(Directions for this task)
The complete data, repeated exactly, should form your response.

(Given data)

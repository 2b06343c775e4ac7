//! Classes in an order in which each stands behind those that it names.
ghost use Rattle.std.specs.Prelude.{◌≡◌, ◌<◌, ℕ, length, IfOk, OnOk, MatchBool, MatchOption};
ghost use Rattle.class_tree.specs.Inner.Graphs.{IsWithin, IsTopological, IsOneOf};
ghost use Rattle.class_tree.specs.Inner.Placing.{AreBehindTargets, CanFollow, CannotFollow};

use crate::graph::NodeSet;
use crate::lists::Lists;
use class_model::{ListOf, NoMemory};
use std::alloc::Global;

/// Nodes in an order in which each stands behind its targets, as many as can be. It takes time linear in the graph.
pub(crate) fn topological(alloc: Global, graph: &Lists<usize>) -> Result<ListOf<usize>, NoMemory>
    requires { IsWithin graph.now }
    ensures { IfOk result (λ order. IsTopological graph.now order) }
{
    let hint = hint(alloc, graph)?;
    let mut placed = NodeSet::new(alloc, graph.len())?;
    place_hinted(graph, hint.as_slice(), &mut placed)?;
    place_rest(graph, &mut placed)?;
    Ok(placed.into_list())
}

// Places the nodes of a hint, as far as each can follow there.
fn place_hinted(graph: &Lists<usize>, hint: &[usize], placed: &mut NodeSet) -> Result<(), NoMemory>
    requires size { placed.old.size ≡ length graph.now }
    requires order { AreBehindTargets graph.now placed.old.nodes }
    ensures size { OnOk result (placed.new.size ≡ length graph.now) }
    ensures order { OnOk result (AreBehindTargets graph.now placed.new.nodes) }
{
    for node in hint {
        if *node < graph.len() && can_follow(graph, placed, *node) {
            placed.push(*node)?;
        }
    }
    Ok(())
}

// Places nodes until none can follow. Behind a right hint, one look at each node finds none.
fn place_rest(graph: &Lists<usize>, placed: &mut NodeSet) -> Result<(), NoMemory>
    requires size { placed.old.size ≡ length graph.now }
    requires order { AreBehindTargets graph.now placed.old.nodes }
    ensures { OnOk result (IsTopological graph.now placed.new.nodes) }
{
    while let Some(node) = next(graph, placed) {
        placed.push(node)?;
    }
    Ok(())
}

// The first node that can follow.
fn next(graph: &Lists<usize>, placed: &NodeSet) -> Option<usize>
    ensures { MatchOption result
        ((node : ℕ) → node < length graph.now → CannotFollow graph.now placed.now.nodes node)
        (λ node. (node < length graph.now) × CanFollow graph.now placed.now.nodes node) }
{
    for node in 0..graph.len() {
        if can_follow(graph, placed, node) {
            return Some(node);
        }
    }
    None
}

// Whether a node is not placed yet and its targets are.
fn can_follow(graph: &Lists<usize>, placed: &NodeSet, node: usize) -> bool
    requires { node < length graph.now }
    ensures { MatchBool result (CanFollow graph.now placed.now.nodes node)
        (CannotFollow graph.now placed.now.nodes node) }
{
    if placed.has(node) {
        return false;
    }
    graph.get(node).iter().all(|to| placed.has(*to))
}

// Nodes in an order in which each stands behind its targets, by the number of targets that each still waits for. What
// is proved of the order above rests on none of this.
fn hint(alloc: Global, graph: &Lists<usize>) -> Result<Vec<usize>, NoMemory> {
    let sources = Sources::new(alloc, graph)?;
    let mut waits = Vec::with_capacity(alloc, graph.len())?;
    let mut order = Vec::with_capacity(alloc, graph.len())?;
    for node in 0..graph.len() {
        let count = graph.get(node).len();
        waits.push(count)?;
        if count == 0 {
            order.push(node)?;
        }
    }
    for at in 0..graph.len() {
        let Some(node) = order.get(at).copied() else {
            break;
        };
        release(sources.get(node), waits.as_mut_slice(), &mut order)?;
    }
    Ok(order)
}

// Lets each of these wait for one target less, and appends those that wait for none.
fn release(sources: &[usize], waits: &mut [usize], order: &mut Vec<usize>) -> Result<(), NoMemory> {
    for source in sources {
        if let Some(count) = waits.get_mut(*source) {
            *count = count.saturating_sub(1);
            if *count == 0 {
                order.push(*source)?;
            }
        }
    }
    Ok(())
}

// For each node those of which it is a target, one node's behind another's.
#[derive(Drop)]
struct Sources {
    // where the sources of each node end
    ends: Vec<usize>,
    nodes: Vec<usize>,
}

impl Sources {
    fn new(alloc: Global, graph: &Lists<usize>) -> Result<Self, NoMemory> {
        let mut ends = vec![in alloc; 0; graph.len()]?;
        let count = starts_of(graph, ends.as_mut_slice());
        let mut nodes = vec![in alloc; 0; count]?;
        for node in 0..graph.len() {
            for to in graph.get(node) {
                add_source(ends.as_mut_slice(), nodes.as_mut_slice(), *to, node);
            }
        }
        Ok(Sources { ends, nodes })
    }

    // The sources of a node.
    fn get(&self, node: usize) -> &[usize] {
        let start = match node.checked_sub(1) {
            Some(before) => self.ends.get(before).copied().unwrap_or(0),
            None => 0,
        };
        let end = self.ends.get(node).copied().unwrap_or(0);
        self.nodes.get(start..end).unwrap_or(&[])
    }
}

// Where the sources of each node are to start, out of zeros, and how many there are of all nodes.
fn starts_of(graph: &Lists<usize>, starts: &mut [usize]) -> usize {
    for node in 0..graph.len() {
        for to in graph.get(node) {
            if let Some(count) = starts.get_mut(*to) {
                *count = count.saturating_add(1);
            }
        }
    }
    let mut sum: usize = 0;
    for start in starts {
        let count = *start;
        *start = sum;
        sum = sum.saturating_add(count);
    }
    sum
}

// Adds a source of a node at the end of those that it has.
fn add_source(ends: &mut [usize], nodes: &mut [usize], to: usize, source: usize) {
    if let Some(end) = ends.get_mut(to) {
        if let Some(slot) = nodes.get_mut(*end) {
            *slot = source;
        }
        *end = end.saturating_add(1);
    }
}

(Finished exercise)
repository 2b06343c775e4ac7
//! Classes in an order in which each stands behind those that it names.
ghost use Rattle.std.specs.Prelude.{◌≡◌, ◌<◌, ℕ, length, IfOk, OnOk, MatchBool, MatchOption};
ghost use Rattle.class_tree.specs.Inner.Graphs.{IsWithin, IsTopological, IsOneOf};
ghost use Rattle.class_tree.specs.Inner.Placing.{AreBehindTargets, CanFollow, CannotFollow};

use crate::graph::NodeSet;
use crate::lists::Lists;
use class_model::{ListOf, NoMemory};
use std::alloc::Global;

/// Nodes in an order in which each stands behind its targets, as many as can be. It takes time linear in the graph.
pub(crate) fn topological(alloc: Global, graph: &Lists<usize>) -> Result<ListOf<usize>, NoMemory>
    requires { IsWithin graph.now }
    ensures { IfOk result (λ order. IsTopological graph.now order) }
{
    let hint = hint(alloc, graph)?;
    let mut placed = NodeSet::new(alloc, graph.len())?;
    place_hinted(graph, hint.as_slice(), &mut placed)?;
    place_rest(graph, &mut placed)?;
    Ok(placed.into_list())
}

// Places the nodes of a hint, as far as each can follow there.
fn place_hinted(graph: &Lists<usize>, hint: &[usize], placed: &mut NodeSet) -> Result<(), NoMemory>
    requires size { placed.old.size ≡ length graph.now }
    requires order { AreBehindTargets graph.now placed.old.nodes }
    ensures size { OnOk result (placed.new.size ≡ length graph.now) }
    ensures order { OnOk result (AreBehindTargets graph.now placed.new.nodes) }
{
    for node in hint {
        if *node < graph.len() && can_follow(graph, placed, *node) {
            placed.push(*node)?;
        }
    }
    Ok(())
}

// Places nodes until none can follow. Behind a right hint, one look at each node finds none.
fn place_rest(graph: &Lists<usize>, placed: &mut NodeSet) -> Result<(), NoMemory>
    requires size { placed.old.size ≡ length graph.now }
    requires order { AreBehindTargets graph.now placed.old.nodes }
    ensures { OnOk result (IsTopological graph.now placed.new.nodes) }
{
    while let Some(node) = next(graph, placed) {
        placed.push(node)?;
    }
    Ok(())
}

// The first node that can follow.
fn next(graph: &Lists<usize>, placed: &NodeSet) -> Option<usize>
    ensures { MatchOption result
        ((node : ℕ) → node < length graph.now → CannotFollow graph.now placed.now.nodes node)
        (λ node. (node < length graph.now) × CanFollow graph.now placed.now.nodes node) }
{
    for node in 0..graph.len() {
        if can_follow(graph, placed, node) {
            return Some(node);
        }
    }
    None
}

// Whether a node is not placed yet and its targets are.
fn can_follow(graph: &Lists<usize>, placed: &NodeSet, node: usize) -> bool
    requires { node < length graph.now }
    ensures { MatchBool result (CanFollow graph.now placed.now.nodes node)
        (CannotFollow graph.now placed.now.nodes node) }
{
    if placed.has(node) {
        return false;
    }
    graph.get(node).iter().all(|to| placed.has(*to))
}

// Nodes in an order in which each stands behind its targets, by the number of targets that each still waits for. What
// is proved of the order above rests on none of this.
fn hint(alloc: Global, graph: &Lists<usize>) -> Result<Vec<usize>, NoMemory> {
    let sources = Sources::new(alloc, graph)?;
    let mut waits = Vec::with_capacity(alloc, graph.len())?;
    let mut order = Vec::with_capacity(alloc, graph.len())?;
    for node in 0..graph.len() {
        let count = graph.get(node).len();
        waits.push(count)?;
        if count == 0 {
            order.push(node)?;
        }
    }
    for at in 0..graph.len() {
        let Some(node) = order.get(at).copied() else {
            break;
        };
        release(sources.get(node), waits.as_mut_slice(), &mut order)?;
    }
    Ok(order)
}

// Lets each of these wait for one target less, and appends those that wait for none.
fn release(sources: &[usize], waits: &mut [usize], order: &mut Vec<usize>) -> Result<(), NoMemory> {
    for source in sources {
        if let Some(count) = waits.get_mut(*source) {
            *count = count.saturating_sub(1);
            if *count == 0 {
                order.push(*source)?;
            }
        }
    }
    Ok(())
}

// For each node those of which it is a target, one node's behind another's.
#[derive(Drop)]
struct Sources {
    // where the sources of each node end
    ends: Vec<usize>,
    nodes: Vec<usize>,
}

impl Sources {
    fn new(alloc: Global, graph: &Lists<usize>) -> Result<Self, NoMemory> {
        let mut ends = vec![in alloc; 0; graph.len()]?;
        let count = starts_of(graph, ends.as_mut_slice());
        let mut nodes = vec![in alloc; 0; count]?;
        for node in 0..graph.len() {
            for to in graph.get(node) {
                add_source(ends.as_mut_slice(), nodes.as_mut_slice(), *to, node);
            }
        }
        Ok(Sources { ends, nodes })
    }

    // The sources of a node.
    fn get(&self, node: usize) -> &[usize] {
        let start = match node.checked_sub(1) {
            Some(before) => self.ends.get(before).copied().unwrap_or(0),
            None => 0,
        };
        let end = self.ends.get(node).copied().unwrap_or(0);
        self.nodes.get(start..end).unwrap_or(&[])
    }
}

// Where the sources of each node are to start, out of zeros, and how many there are of all nodes.
fn starts_of(graph: &Lists<usize>, starts: &mut [usize]) -> usize {
    for node in 0..graph.len() {
        for to in graph.get(node) {
            if let Some(count) = starts.get_mut(*to) {
                *count = count.saturating_add(1);
            }
        }
    }
    let mut sum: usize = 0;
    for start in starts {
        let count = *start;
        *start = sum;
        sum = sum.saturating_add(count);
    }
    sum
}

// Adds a source of a node at the end of those that it has.
fn add_source(ends: &mut [usize], nodes: &mut [usize], to: usize, source: usize) {
    if let Some(end) = ends.get_mut(to) {
        if let Some(slot) = nodes.get_mut(*end) {
            *slot = source;
        }
        *end = end.saturating_add(1);
    }
}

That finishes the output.